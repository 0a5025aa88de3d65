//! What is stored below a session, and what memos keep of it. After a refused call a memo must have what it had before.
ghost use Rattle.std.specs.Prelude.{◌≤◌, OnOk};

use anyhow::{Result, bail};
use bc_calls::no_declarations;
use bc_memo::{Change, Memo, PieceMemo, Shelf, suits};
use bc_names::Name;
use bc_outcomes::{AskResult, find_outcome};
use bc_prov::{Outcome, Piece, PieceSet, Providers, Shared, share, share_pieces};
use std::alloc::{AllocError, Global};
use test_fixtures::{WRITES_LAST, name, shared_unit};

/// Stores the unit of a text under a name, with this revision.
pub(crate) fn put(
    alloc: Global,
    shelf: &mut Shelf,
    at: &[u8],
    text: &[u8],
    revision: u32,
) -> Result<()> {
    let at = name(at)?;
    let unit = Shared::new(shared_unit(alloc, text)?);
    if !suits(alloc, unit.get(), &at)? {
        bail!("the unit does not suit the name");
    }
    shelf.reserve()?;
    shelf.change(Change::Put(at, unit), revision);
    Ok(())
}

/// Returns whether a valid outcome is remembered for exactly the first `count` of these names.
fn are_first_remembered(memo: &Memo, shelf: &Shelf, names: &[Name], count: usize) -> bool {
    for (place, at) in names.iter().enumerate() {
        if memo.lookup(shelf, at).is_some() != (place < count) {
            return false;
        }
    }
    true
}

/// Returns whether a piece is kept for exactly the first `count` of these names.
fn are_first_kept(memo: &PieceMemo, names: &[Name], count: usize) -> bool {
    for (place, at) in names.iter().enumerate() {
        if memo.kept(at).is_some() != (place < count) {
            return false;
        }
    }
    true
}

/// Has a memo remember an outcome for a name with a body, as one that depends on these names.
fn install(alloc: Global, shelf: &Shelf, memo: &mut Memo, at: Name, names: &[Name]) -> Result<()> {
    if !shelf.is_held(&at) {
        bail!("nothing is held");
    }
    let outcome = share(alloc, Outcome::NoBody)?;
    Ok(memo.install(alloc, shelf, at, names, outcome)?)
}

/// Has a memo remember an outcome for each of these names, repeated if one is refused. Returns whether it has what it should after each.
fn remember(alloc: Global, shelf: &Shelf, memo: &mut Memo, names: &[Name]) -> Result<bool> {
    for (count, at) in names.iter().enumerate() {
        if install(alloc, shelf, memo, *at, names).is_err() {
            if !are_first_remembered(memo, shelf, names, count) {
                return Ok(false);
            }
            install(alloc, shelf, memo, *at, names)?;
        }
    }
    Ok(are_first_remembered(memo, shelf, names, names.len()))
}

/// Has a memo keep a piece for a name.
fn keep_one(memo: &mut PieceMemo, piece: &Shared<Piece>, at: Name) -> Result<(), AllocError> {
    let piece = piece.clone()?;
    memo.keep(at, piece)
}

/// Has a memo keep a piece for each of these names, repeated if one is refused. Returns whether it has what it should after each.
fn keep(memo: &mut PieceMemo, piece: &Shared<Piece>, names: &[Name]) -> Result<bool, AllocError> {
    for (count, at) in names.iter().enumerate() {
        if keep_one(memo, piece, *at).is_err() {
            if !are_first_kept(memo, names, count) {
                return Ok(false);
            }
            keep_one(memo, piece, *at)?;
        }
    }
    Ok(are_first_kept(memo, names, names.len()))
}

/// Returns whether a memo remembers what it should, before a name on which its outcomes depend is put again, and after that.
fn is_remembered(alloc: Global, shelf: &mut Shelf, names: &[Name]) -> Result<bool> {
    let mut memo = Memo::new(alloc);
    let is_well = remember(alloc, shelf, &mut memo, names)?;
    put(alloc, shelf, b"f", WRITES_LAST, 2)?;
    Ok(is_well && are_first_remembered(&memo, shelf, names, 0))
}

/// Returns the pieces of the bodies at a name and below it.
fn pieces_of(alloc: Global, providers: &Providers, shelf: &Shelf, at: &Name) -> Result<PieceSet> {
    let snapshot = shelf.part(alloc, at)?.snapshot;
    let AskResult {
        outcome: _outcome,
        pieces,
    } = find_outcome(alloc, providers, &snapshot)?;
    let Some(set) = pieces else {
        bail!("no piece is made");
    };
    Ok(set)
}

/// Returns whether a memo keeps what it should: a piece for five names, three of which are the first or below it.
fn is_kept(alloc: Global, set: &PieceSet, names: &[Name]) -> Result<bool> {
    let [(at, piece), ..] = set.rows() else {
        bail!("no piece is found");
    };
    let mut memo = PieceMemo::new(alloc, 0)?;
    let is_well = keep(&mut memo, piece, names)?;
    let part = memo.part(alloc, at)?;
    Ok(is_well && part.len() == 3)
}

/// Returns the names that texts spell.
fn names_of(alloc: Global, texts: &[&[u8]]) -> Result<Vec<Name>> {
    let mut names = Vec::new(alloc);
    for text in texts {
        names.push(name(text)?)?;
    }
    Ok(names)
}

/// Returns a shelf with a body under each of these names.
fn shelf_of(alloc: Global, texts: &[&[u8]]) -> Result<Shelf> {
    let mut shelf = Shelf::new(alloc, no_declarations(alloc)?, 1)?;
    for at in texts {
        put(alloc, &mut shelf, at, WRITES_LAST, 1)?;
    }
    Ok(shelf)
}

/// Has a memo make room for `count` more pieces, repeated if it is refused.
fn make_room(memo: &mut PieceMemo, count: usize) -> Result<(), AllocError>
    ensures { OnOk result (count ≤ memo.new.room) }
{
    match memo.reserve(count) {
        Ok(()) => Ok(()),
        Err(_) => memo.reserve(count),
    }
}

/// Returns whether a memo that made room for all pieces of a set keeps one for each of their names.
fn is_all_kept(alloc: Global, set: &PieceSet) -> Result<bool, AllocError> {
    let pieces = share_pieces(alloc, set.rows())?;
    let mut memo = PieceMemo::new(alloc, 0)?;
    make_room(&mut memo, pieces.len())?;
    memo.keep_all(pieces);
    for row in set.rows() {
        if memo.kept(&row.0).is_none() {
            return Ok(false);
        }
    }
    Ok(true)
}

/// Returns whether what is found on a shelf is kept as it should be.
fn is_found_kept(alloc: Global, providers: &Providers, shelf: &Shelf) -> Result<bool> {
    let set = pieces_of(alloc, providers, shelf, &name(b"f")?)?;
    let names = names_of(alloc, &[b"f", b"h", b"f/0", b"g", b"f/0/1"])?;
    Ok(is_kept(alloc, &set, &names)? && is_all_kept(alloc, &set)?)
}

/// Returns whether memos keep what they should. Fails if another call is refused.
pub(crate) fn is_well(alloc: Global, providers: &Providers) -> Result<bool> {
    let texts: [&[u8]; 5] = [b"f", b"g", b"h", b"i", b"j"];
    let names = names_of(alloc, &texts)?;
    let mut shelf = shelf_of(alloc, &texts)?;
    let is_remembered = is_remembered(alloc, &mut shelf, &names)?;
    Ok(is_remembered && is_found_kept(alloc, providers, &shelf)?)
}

============================================================

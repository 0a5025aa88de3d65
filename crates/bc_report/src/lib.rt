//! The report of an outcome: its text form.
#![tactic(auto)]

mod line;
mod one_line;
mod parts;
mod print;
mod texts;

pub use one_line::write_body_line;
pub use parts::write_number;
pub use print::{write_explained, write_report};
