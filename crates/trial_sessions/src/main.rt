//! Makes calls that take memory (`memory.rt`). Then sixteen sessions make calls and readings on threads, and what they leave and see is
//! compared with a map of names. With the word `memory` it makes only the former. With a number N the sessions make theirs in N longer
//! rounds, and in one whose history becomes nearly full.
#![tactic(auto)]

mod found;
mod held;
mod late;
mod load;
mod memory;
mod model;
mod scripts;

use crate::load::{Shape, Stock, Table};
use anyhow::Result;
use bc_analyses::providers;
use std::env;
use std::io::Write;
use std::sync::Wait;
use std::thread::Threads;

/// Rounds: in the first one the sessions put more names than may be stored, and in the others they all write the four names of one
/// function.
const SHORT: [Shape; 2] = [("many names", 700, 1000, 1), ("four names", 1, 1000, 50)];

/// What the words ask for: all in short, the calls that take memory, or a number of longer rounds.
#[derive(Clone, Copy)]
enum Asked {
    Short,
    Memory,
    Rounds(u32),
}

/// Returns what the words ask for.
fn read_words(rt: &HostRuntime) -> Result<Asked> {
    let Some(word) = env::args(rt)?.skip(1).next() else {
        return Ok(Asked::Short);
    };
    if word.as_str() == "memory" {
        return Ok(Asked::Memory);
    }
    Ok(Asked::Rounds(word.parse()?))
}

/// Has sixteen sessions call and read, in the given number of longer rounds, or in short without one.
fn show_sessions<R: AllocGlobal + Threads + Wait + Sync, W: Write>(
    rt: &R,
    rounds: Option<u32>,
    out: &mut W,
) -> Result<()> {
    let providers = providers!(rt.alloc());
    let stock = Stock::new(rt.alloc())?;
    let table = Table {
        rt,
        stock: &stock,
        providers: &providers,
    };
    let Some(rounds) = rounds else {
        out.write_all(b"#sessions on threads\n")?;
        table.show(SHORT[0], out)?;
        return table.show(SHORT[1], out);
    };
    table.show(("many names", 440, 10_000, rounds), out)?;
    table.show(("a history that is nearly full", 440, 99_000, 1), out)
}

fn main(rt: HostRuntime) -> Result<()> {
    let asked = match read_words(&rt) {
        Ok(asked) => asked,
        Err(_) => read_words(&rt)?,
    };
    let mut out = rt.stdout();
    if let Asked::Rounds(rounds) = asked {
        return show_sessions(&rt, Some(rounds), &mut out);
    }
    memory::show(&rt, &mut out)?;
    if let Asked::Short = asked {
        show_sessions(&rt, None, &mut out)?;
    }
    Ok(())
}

============================================================

EXERCISE AIM → In the entries above, restate word for word the lines between the one holding "if memo.kept(at).is_some() != (place" and the one holding "if !are_first_kept(memo, names, count)", inclusive, and nothing besides.

COMPLETED EXERCISE →
        if memo.kept(at).is_some() != (place < count) {
            return false;
        }
    }
    true
}

/// Has a memo remember an outcome for a name with a body, as one that depends on these names.
fn install(alloc: Global, shelf: &Shelf, memo: &mut Memo, at: Name, names: &[Name]) -> Result<()> {
    if !shelf.is_held(&at) {
        bail!("nothing is held");
    }
    let outcome = share(alloc, Outcome::NoBody)?;
    Ok(memo.install(alloc, shelf, at, names, outcome)?)
}

/// Has a memo remember an outcome for each of these names, repeated if one is refused. Returns whether it has what it should after each.
fn remember(alloc: Global, shelf: &Shelf, memo: &mut Memo, names: &[Name]) -> Result<bool> {
    for (count, at) in names.iter().enumerate() {
        if install(alloc, shelf, memo, *at, names).is_err() {
            if !are_first_remembered(memo, shelf, names, count) {
                return Ok(false);
            }
            install(alloc, shelf, memo, *at, names)?;
        }
    }
    Ok(are_first_remembered(memo, shelf, names, names.len()))
}

/// Has a memo keep a piece for a name.
fn keep_one(memo: &mut PieceMemo, piece: &Shared<Piece>, at: Name) -> Result<(), AllocError> {
    let piece = piece.clone()?;
    memo.keep(at, piece)
}

/// Has a memo keep a piece for each of these names, repeated if one is refused. Returns whether it has what it should after each.
fn keep(memo: &mut PieceMemo, piece: &Shared<Piece>, names: &[Name]) -> Result<bool, AllocError> {
    for (count, at) in names.iter().enumerate() {
        if keep_one(memo, piece, *at).is_err() {
            if !are_first_kept(memo, names, count) {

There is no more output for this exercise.